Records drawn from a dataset
------------------------------

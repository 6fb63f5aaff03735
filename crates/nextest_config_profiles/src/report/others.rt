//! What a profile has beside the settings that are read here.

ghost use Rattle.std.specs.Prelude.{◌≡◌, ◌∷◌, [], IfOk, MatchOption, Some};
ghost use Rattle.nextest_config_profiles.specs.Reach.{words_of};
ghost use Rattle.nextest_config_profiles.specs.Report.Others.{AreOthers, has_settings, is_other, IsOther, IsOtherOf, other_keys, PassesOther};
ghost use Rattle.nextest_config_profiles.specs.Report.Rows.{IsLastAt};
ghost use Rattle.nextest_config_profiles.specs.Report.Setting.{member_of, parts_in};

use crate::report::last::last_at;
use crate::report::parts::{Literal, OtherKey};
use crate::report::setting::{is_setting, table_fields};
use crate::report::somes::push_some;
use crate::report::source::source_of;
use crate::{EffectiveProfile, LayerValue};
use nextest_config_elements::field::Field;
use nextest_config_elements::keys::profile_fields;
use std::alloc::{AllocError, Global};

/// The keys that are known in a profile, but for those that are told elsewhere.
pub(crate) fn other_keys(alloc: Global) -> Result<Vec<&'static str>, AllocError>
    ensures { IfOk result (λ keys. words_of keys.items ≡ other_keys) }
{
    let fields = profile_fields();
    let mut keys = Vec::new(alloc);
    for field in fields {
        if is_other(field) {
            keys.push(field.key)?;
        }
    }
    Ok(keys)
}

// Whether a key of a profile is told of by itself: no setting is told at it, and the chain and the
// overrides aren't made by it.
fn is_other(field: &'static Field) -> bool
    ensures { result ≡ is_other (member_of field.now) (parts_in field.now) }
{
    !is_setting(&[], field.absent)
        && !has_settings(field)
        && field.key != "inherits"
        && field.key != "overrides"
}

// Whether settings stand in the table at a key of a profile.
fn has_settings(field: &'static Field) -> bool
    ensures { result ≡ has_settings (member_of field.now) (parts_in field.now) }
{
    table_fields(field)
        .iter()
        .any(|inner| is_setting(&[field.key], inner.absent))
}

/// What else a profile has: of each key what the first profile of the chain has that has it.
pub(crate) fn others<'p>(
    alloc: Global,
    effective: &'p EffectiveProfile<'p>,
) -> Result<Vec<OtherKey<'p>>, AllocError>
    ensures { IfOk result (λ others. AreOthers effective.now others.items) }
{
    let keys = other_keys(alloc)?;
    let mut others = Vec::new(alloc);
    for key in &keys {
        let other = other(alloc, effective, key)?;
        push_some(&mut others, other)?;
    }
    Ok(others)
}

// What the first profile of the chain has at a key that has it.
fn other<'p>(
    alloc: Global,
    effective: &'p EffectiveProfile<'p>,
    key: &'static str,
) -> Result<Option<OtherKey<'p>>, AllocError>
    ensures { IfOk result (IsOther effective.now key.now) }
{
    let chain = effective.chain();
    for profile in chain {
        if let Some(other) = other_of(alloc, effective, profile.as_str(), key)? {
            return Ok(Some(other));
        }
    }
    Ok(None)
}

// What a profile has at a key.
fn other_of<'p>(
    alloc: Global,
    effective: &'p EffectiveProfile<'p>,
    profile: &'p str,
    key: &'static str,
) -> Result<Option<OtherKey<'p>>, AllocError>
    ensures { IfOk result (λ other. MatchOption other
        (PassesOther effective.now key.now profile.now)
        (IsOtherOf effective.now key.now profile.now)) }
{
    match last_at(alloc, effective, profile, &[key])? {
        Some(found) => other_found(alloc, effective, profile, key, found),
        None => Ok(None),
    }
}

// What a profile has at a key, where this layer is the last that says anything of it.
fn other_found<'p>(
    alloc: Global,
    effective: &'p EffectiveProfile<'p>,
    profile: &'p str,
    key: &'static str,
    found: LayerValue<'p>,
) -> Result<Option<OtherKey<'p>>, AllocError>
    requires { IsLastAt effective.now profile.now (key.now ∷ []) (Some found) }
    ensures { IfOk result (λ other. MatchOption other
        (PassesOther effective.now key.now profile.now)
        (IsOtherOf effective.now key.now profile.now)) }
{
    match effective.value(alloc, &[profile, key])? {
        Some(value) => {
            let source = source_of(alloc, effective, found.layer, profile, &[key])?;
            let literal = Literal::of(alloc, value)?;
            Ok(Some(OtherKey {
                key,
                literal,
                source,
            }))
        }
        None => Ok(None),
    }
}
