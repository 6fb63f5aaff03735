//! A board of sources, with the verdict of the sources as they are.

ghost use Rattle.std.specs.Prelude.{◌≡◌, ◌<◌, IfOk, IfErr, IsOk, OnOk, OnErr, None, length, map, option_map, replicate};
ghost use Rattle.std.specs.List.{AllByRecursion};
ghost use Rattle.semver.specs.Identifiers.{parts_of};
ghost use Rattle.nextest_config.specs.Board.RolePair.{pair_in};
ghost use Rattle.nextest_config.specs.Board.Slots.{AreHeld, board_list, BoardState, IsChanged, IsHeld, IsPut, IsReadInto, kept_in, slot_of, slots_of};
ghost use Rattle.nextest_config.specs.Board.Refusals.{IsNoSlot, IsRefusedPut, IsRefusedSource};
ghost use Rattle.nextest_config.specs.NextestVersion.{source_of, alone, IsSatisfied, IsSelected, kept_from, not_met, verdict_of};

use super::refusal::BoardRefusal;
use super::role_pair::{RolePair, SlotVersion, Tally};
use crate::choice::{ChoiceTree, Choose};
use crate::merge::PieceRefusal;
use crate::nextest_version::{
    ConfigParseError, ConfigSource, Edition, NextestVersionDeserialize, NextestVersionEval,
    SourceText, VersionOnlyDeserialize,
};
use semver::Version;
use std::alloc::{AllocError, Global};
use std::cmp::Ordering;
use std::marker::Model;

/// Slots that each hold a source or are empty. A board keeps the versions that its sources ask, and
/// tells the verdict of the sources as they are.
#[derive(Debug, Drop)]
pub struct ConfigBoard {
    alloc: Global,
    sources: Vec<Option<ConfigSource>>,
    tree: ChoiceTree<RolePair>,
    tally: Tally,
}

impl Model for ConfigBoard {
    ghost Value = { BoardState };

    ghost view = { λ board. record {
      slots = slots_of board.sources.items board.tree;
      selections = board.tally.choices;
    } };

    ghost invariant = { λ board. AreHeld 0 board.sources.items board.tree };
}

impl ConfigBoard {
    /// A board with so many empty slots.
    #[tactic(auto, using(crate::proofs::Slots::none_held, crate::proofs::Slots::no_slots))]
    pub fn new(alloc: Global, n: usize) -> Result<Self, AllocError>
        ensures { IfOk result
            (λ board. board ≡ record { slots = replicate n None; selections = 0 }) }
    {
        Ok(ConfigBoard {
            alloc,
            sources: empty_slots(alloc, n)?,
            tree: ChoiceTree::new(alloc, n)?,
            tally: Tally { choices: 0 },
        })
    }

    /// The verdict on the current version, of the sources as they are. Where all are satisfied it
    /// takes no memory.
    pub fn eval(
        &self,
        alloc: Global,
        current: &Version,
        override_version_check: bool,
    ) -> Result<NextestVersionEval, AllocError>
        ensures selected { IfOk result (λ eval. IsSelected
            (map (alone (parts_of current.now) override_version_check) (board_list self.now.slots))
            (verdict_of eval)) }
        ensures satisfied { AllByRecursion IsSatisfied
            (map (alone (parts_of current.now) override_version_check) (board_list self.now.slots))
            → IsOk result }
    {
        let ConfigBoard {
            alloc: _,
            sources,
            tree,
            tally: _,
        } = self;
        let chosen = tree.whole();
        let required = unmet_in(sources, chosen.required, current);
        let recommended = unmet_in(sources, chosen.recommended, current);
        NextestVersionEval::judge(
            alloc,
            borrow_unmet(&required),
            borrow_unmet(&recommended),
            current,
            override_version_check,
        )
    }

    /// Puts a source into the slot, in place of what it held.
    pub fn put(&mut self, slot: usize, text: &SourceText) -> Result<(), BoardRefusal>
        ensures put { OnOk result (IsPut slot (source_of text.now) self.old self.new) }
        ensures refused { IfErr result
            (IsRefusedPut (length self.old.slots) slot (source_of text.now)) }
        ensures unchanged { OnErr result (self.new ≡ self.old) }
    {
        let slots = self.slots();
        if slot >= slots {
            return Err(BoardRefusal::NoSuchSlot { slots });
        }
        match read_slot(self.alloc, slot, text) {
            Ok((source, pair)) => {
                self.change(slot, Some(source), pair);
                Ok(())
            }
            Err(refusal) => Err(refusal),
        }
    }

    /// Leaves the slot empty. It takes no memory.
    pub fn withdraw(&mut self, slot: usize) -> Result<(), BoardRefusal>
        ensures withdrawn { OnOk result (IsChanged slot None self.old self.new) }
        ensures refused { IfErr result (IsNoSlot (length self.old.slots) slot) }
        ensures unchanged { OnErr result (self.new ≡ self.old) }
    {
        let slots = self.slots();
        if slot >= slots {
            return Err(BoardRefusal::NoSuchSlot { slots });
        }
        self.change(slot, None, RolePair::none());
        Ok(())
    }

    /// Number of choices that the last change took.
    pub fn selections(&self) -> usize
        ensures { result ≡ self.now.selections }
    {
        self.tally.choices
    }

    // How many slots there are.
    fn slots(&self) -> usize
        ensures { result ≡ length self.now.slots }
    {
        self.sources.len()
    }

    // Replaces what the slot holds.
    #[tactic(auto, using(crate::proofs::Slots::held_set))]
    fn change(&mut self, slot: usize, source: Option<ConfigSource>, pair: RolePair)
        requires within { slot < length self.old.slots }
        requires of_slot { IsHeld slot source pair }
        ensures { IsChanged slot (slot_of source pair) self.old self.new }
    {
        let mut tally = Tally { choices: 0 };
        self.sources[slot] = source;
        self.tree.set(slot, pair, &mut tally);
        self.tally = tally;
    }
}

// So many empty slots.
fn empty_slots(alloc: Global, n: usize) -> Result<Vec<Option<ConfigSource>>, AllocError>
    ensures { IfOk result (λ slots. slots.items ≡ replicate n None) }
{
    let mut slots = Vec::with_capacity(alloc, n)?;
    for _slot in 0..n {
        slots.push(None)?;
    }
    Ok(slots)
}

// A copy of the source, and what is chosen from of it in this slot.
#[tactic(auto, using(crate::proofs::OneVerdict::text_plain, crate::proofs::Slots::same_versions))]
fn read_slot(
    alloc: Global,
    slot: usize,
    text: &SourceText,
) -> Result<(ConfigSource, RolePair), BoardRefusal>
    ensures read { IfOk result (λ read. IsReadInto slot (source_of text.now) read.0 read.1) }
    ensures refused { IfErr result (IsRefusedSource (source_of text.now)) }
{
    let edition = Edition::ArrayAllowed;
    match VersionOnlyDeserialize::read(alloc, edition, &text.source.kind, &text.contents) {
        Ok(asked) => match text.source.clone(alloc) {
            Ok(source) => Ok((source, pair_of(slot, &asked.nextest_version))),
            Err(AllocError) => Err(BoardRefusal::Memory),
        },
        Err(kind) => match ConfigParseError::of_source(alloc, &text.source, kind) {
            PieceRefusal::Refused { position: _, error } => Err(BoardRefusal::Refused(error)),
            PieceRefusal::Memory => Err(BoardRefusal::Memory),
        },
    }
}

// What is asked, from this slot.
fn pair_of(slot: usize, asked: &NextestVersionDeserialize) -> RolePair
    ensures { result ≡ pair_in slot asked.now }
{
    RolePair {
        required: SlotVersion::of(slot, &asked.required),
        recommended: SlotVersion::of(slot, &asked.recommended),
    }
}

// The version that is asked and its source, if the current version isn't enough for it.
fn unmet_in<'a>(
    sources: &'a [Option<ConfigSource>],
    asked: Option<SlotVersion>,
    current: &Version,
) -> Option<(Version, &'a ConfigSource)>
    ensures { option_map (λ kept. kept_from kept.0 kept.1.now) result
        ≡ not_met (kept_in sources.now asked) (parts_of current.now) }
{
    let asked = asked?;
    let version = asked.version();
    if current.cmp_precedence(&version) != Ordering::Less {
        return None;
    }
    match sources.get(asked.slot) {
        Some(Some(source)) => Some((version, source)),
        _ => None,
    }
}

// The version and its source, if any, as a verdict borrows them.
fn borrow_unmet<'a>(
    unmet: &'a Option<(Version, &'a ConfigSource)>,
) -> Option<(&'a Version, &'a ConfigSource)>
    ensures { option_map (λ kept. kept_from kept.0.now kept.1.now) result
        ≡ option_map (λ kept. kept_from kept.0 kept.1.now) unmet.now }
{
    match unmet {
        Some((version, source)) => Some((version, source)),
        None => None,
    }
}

------------------------------

# WHAT YOU SHOULD DO
Return only the part of the records above that opens with the line containing "are told elsewhere." and closes with the line containing "let mut keys = Vec::new(alloc);", ends included.

# EXPECTED ANSWER
/// The keys that are known in a profile, but for those that are told elsewhere.
pub(crate) fn other_keys(alloc: Global) -> Result<Vec<&'static str>, AllocError>
    ensures { IfOk result (λ keys. words_of keys.items ≡ other_keys) }
{
    let fields = profile_fields();
    let mut keys = Vec::new(alloc);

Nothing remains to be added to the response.